Susan sniffed the bowl and discovered that it did smell something like a shoe.
“Besides, I don’t have time to make more, so let’s not waste it.” He turned back to Henry and shoved a dish into his hands too. Henry cautiously edged around the table and rejoined the others.
“What is it?” Susan peered into the dish.
“First things first, Susan. I need all your names,” said the man insistently. “It’s only proper.”
So Henry and Roy told him their names too.
The man nodded at them. “Good, good.”
Then Roy asked, “What about you, sir? What’s your name?”
“Why, don’t you know? After all, it was your wish that brought us together.”
“It was my wish,” said Emma proudly.
“Well, then you should know,” said the man,
patting her head. “Naturally, I’m Merlin.”

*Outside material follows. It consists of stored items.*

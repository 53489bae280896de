use cone_core::{SparseRow, System};
use number_bounds::{column_squares, columns_fit, greatest_size, is_product_within};

#[test]
fn squares_and_sizes(rt: HostRuntime) {
    let alloc = rt.alloc();
    let mut system = System::new(alloc, 3);
    let one = SparseRow::new(alloc, &[(0, 2), (2, -3)]).expect(&rt, "a row");
    system.push_row(one).expect(&rt, "room");
    let other = SparseRow::new(alloc, &[(1, -1), (2, 7)]).expect(&rt, "a row");
    system.push_row(other).expect(&rt, "room");
    match column_squares(alloc, &system) {
        Ok(Some(squares)) => assert!(&rt; squares[..] == [4, 1, 58]),
        _ => assert!(&rt; false),
    }
    assert_eq!(&rt; greatest_size(&system), Some(8));
    assert!(&rt; is_product_within(8, 256, 2048));
    assert!(&rt; !is_product_within(8, 256, 2047));
}

#[test]
fn columns_by_themselves(rt: HostRuntime) {
    let alloc = rt.alloc();
    let mut system = System::new(alloc, 3);
    let one = SparseRow::new(alloc, &[(0, 2), (2, -3)]).expect(&rt, "a row");
    system.push_row(one).expect(&rt, "room");
    // size 5, sums of squares 4, 0 and 9
    assert_eq!(&rt; columns_fit(alloc, &system, 180).ok(), Some(true));
    assert_eq!(&rt; columns_fit(alloc, &system, 179).ok(), Some(false));
}
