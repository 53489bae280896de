//! Worked calls of the crates on cones, rays and surfaces. There is no product code here.
#![tactic(auto)]

#[cfg(test)]
mod cone_core_calls;
#[cfg(test)]
mod double_description_calls;
#[cfg(test)]
mod lazy_columns_calls;
#[cfg(test)]
mod matching_equations_calls;
#[cfg(test)]
mod number_bounds_calls;
#[cfg(test)]
mod public_calls_cone_core;
#[cfg(test)]
mod public_calls_double_description;
#[cfg(test)]
mod public_calls_matching_equations;
#[cfg(test)]
mod public_calls_quad_condition;
#[cfg(test)]
mod public_calls_quad_lift;
#[cfg(test)]
mod public_calls_ray_decompose;
#[cfg(test)]
mod public_calls_support_bits;
#[cfg(test)]
mod public_calls_surface_list;
#[cfg(test)]
mod public_calls_surface_pieces;
#[cfg(test)]
mod public_calls_surface_properties;
#[cfg(test)]
mod quad_condition_calls;
#[cfg(test)]
mod quad_lift_calls;
#[cfg(test)]
mod ray_decompose_calls;
#[cfg(test)]
mod rays_calls;
#[cfg(test)]
mod row_reduction_calls;
#[cfg(test)]
mod sample_cones;
#[cfg(test)]
mod support_bits_calls;
#[cfg(test)]
mod support_table_calls;
#[cfg(test)]
mod surface_list_calls;
#[cfg(test)]
mod surface_pieces_calls;
#[cfg(test)]
mod surface_properties_calls;
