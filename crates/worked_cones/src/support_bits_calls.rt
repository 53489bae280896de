use out_of_memory::NoMemory;
use std::alloc::Global;
use support_bits::Support;

fn large(alloc: Global) -> Result<Vec<u128>, NoMemory> {
    let mut x = vec![in alloc; 0u128; 65]?;
    for i in [0usize, 63, 64] {
        if i < x.len() {
            x[i] = 7;
        }
    }
    Ok(x)
}

#[test]
fn keeps_columns_as_words(rt: HostRuntime) -> Result<(), NoMemory> {
    let x = large(rt.alloc())?;
    assert_eq!(rt; x.len(), 65);
    let support = Support::of(rt.alloc(), &x)?;
    assert_eq!(rt; support.words(), &[9223372036854775809u64, 1][..]);
    assert_eq!(rt; support.columns(), 65);
    let none = Support::of(rt.alloc(), &[])?;
    assert_eq!(rt; none.words().len(), 0);
    assert_eq!(rt; none.columns(), 0);
    Ok(())
}

#[test]
fn distinguishes_supports(rt: HostRuntime) -> Result<(), NoMemory> {
    let a = Support::of(rt.alloc(), &[1, 2, 0])?;
    let b = Support::of(rt.alloc(), &[0, 0, 5])?;
    let c = Support::of(rt.alloc(), &[3, 0, 4])?;
    assert!(rt; a.same(&a) && !a.same(&b));
    assert!(rt; c.inside_union(&a, &b) && !c.inside_union(&a, &a));
    assert!(rt; a.meets(&c) && !a.meets(&b));
    assert!(rt; a.contains(1) && !a.contains(2));
    Ok(())
}
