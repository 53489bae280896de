use cone_arithmetic::Limit;
use cone_core::{MAX_ENTRY, Ray, read_cone};
use double_description::NamedOrder;
use std::test::Fail;
use text_io::Lexer;
use vector_text::{write_entries, write_packed_list, write_vector};
use vertex_enumeration::rays;

#[test]
fn writes_the_rays_of_a_cone(rt: HostRuntime) -> Result<(), Fail> {
    let alloc = rt.alloc();
    let mut lexer = Lexer::new(b"cone 3 1\n1 1 -2");
    assert!(rt; lexer.next_line());
    let system = read_cone(alloc, &mut lexer).ok().ok_or("no cone")?;
    let mut out = Vec::from_slice(alloc, b"# rays 2\n")?;
    match rays(alloc, &system, NamedOrder::GIVEN, Limit::MAX) {
        Ok(found) => write_packed_list(alloc, &found, &mut out)?,
        Err(_) => panic!(rt; "a list was expected"),
    }
    assert_eq!(rt;
        out.as_slice(),
        b"# rays 2\nvec 0 2 1\nvec 2 0 1\n".as_slice()
    );
    write_vector(alloc, &[0, MAX_ENTRY], &mut out)?;
    write_vector(alloc, &[], &mut out)?;
    write_entries(alloc, &Ray::unit(alloc, 3, 1)?, &mut out)?;
    let line =
        b"# rays 2\nvec 0 2 1\nvec 2 0 1\nvec 0 170141183460469231731687303715884105727\nvec\n 0 1 0";
    assert_eq!(rt; out.as_slice(), line.as_slice());
    Ok(())
}
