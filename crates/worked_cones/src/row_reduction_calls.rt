use crate::sample_cones::{are_rows, cone};
use row_reduction::{SolveFault, solve};
use std::test::Fail;

#[test]
fn solves_rows(rt: HostRuntime) -> Result<(), Fail> {
    let alloc = rt.alloc();
    let system = cone(
        &rt,
        alloc,
        b"cone 5 4\n1 -1 0 2 0\n0 1 1 0 -1\n-1 1 0 0 5\n0 0 0 0 0",
    )?;
    let solved = solve(alloc, &system, 1, &[0, 1]).ok().ok_or("not solved")?;
    assert_eq!(rt; solved.columns(), 5);
    are_rows(
        &rt,
        &solved,
        &[
            &[(3, 2), (4, 5)],
            &[(0, 1), (2, 1), (3, 2), (4, -1)],
            &[(1, 1), (2, 1), (4, -1)],
        ],
    );
    Ok(())
}

/// The equations of the sphere of one tetrahedron, whose columns 0 to 3 are the triangles. The rows with column 4,
/// which the row of quads lacks, come last.
#[test]
fn solves_a_sphere(rt: HostRuntime) -> Result<(), Fail> {
    let alloc = rt.alloc();
    let system = cone(
        &rt,
        alloc,
        b"cone 7 6\n-1 1 0 0 0 0 0\n0 0 0 0 0 1 -1\n0 0 0 0 0 -1 1\n1 -1 0 0 0 0 0\n0 1 -1 0 -1 0 1\n-1 0 0 1 1 0 -1",
    )?;
    let solved = solve(alloc, &system, 7, &[0, 1, 2, 3])
        .ok()
        .ok_or("not solved")?;
    are_rows(
        &rt,
        &solved,
        &[
            &[(5, 1), (6, -1)],
            &[(2, -1), (3, 1)],
            &[(0, -1), (3, 1), (4, 1), (6, -1)],
            &[(1, 1), (3, -1), (4, -1), (6, 1)],
        ],
    );
    Ok(())
}

/// The row of four terms is made sparser, and the row that names two blocks of two columns comes last.
#[test]
fn makes_rows_sparser(rt: HostRuntime) -> Result<(), Fail> {
    let alloc = rt.alloc();
    let system = cone(
        &rt,
        alloc,
        b"cone 6 3\n1 0 0 0 -1 0\n1 1 1 1 0 0\n1 1 0 0 0 0",
    )?;
    let solved = solve(alloc, &system, 2, &[]).ok().ok_or("not solved")?;
    are_rows(
        &rt,
        &solved,
        &[&[(2, 1), (3, 1)], &[(0, 1), (1, 1)], &[(0, 1), (4, -1)]],
    );
    Ok(())
}

#[test]
fn a_great_coefficient_passes(rt: HostRuntime) -> Result<(), Fail> {
    let alloc = rt.alloc();
    let system = cone(&rt, alloc, b"cone 3 2\n1 1000 0\n1001 0 1")?;
    let passed = solve(alloc, &system, 1, &[0]);
    assert!(rt; matches!(passed, Err(SolveFault::Passed)));
    are_rows(
        &rt,
        &solve(alloc, &system, 1, &[1, 2]).ok().ok_or("not solved")?,
        &[&[(0, 1), (1, 1000)], &[(0, 1001), (2, 1)]],
    );
    Ok(())
}
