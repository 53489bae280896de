//! Tests word by word whether a union of supports contains a clashing pair.

ghost use Rattle.std.specs.Prelude.{◌≡◌, ℕ, ◌+◌, ◌<◌, ◌≤◌, ◌↔◌, Vec, length, IsTrue, IfOk, slice_index_or};
ghost use Rattle.std.specs.declared.alloc.Global.{Global};
ghost use Rattle.table_definitions.specs.Table.{max_tets};
ghost use Rattle.surface_definitions.specs.Coordinates as coordinates;
ghost use Rattle.ray_steps.specs.Clashes.{IsClashFree};
ghost use Rattle.quad_condition.specs.Marks as marks;
ghost use Rattle.quad_condition.specs.Marks.{AreMarks, AreDistanceMasks, HasPairAtDistance};

use crate::space::Space;
use crate::words::{has_pair_ahead, has_two};
use normal_discs::{before_octagons, columns, columns_each, triangles_each};
use out_of_memory::NoMemory;
use std::alloc::Global;
use std::marker::Model;
use support_bits::{Support, set_bit};
use surface_definitions::Coords;

/// The clashing pairs for `tets` tetrahedra as masks. Invariant: `near` has for each distance from 1 on the columns of
/// quads and octagons with another one at that distance ahead in their tetrahedron, and `octagons` has the columns of
/// octagons.
#[derive(Drop)]
pub struct Masks {
    coords: Coords,
    tets: u32,
    near: Vec<Vec<u64>>,
    octagons: Vec<u64>,
}

impl Model for Masks {
    ghost use Rattle.quad_condition.specs.Marks.{Masked};

    ghost Value = { Masked };

    ghost use Rattle.quad_condition.specs.Marks.{AreMasks};

    ghost view = { λ m. record { coords = m.coords; tets = m.tets } };

    ghost invariant = { λ m. AreMasks m.coords m.tets m.near.items m.octagons.items };
}

/// Whether `column` has an index of at least `least` in its tetrahedron, and more than `distance` columns from it on.
fn is_marked(coords: Coords, least: u32, distance: u32, column: u32) -> bool
    requires { distance ≤ 10 }
    ensures { result ≡ marks.is_marked coords least distance column }
{
    let each = columns_each(coords);
    let place = column % each;
    least <= place && place + distance < each
}

/// The mask of the columns of `space` that `is_marked` selects for `least` and `distance`.
fn mask(alloc: Global, space: Space, least: u32, distance: u32) -> Result<Vec<u64>, NoMemory>
    requires { distance ≤ 10 }
    ensures { IfOk result (λ words. AreMarks space.coords space.tets least distance words.items) }
{
    let count = columns(space.coords, space.tets);
    let mut words = vec![in alloc; 0u64; (count as usize).div_ceil(64)]?;
    for column in 0..count {
        if is_marked(space.coords, least, distance, column) {
            set_bit(&mut words, column);
        }
    }
    Ok(words)
}

/// The masks of the columns of `space` for the distances within a tetrahedron, from 1 on.
fn distance_masks(alloc: Global, space: Space) -> Result<Vec<Vec<u64>>, NoMemory>
    ensures { IfOk result (λ near. AreDistanceMasks space.coords space.tets near.items) }
{
    let least = triangles_each(space.coords);
    let mut near = Vec::new(alloc);
    for distance in 1..columns_each(space.coords) - least {
        near.push(mask(alloc, space, least, distance)?)?;
    }
    Ok(near)
}

/// Whether, for a mask, a column of it and the one at its distance ahead both are in the union of `a` and `b`.
fn has_pair_at_distance(near: &[Vec<u64>], a: &[u64], b: &[u64]) -> bool
    requires limited { length near.now ≤ 10 }
    requires first { (k : ℕ) (d : Vec ℕ Global) → k < length near.now
        → length (slice_index_or near.now k d).items ≡ length a.now }
    requires second { length b.now ≡ length a.now }
    ensures { IsTrue result ↔ HasPairAtDistance near.now a.now b.now }
{
    for (k, mask) in near.iter().enumerate() {
        if has_pair_ahead(mask, a, b, k as u32 + 1) {
            return true;
        }
    }
    false
}

impl Masks {
    /// The masks for `tets` tetrahedra in the coordinates `coords`.
    pub fn new(alloc: Global, coords: Coords, tets: u32) -> Result<Masks, NoMemory>
        requires { tets ≤ max_tets }
        ensures { IfOk result (λ masks. masks ≡ record { coords = coords; tets = tets }) }
    {
        let space = Space { coords, tets };
        let near = distance_masks(alloc, space)?;
        let octagons = mask(alloc, space, before_octagons(coords), 0)?;
        Ok(Masks {
            coords,
            tets,
            near,
            octagons,
        })
    }

    /// Whether the union of `a` and `b` contains no clashing pair.
    pub fn allows(&self, a: &Support, b: &Support) -> bool
        requires first { length a.now ≡ coordinates.columns self.now.coords self.now.tets }
        requires second { length b.now ≡ coordinates.columns self.now.coords self.now.tets }
        ensures { IsTrue result ↔ IsClashFree (coordinates.clash_list self.now.coords self.now.tets) a.now b.now }
    {
        let first = a.words();
        let second = b.words();
        !has_pair_at_distance(&self.near, first, second) && !has_two(&self.octagons, first, second)
    }
}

Henry, Emma, Susan, and Roy, who had been expecting a wise-looking wizard with a wand, a long white beard, and maybe a blue cone-shaped hat, were surprised.
“I didn’t think—” began Emma.
“That’s very dangerous,” said Merlin, shaking his head from side to side, “not thinking.”
Henry brushed the leaves from his shorts, now that all signs of danger had passed, and said grumpily, “I thought Merlin was supposed to be a good guy. If you’re Merlin, why’d you grab me like that?” He rubbed his arm, which was sore where Merlin had gripped him.
“Yes, I am sorry about that, but I couldn’t have you all out there waking people up, and my potion was burning, so I couldn’t afford to stand and chitchat all night either. When you wouldn’t come with me, it seemed the only way to get you all inside.”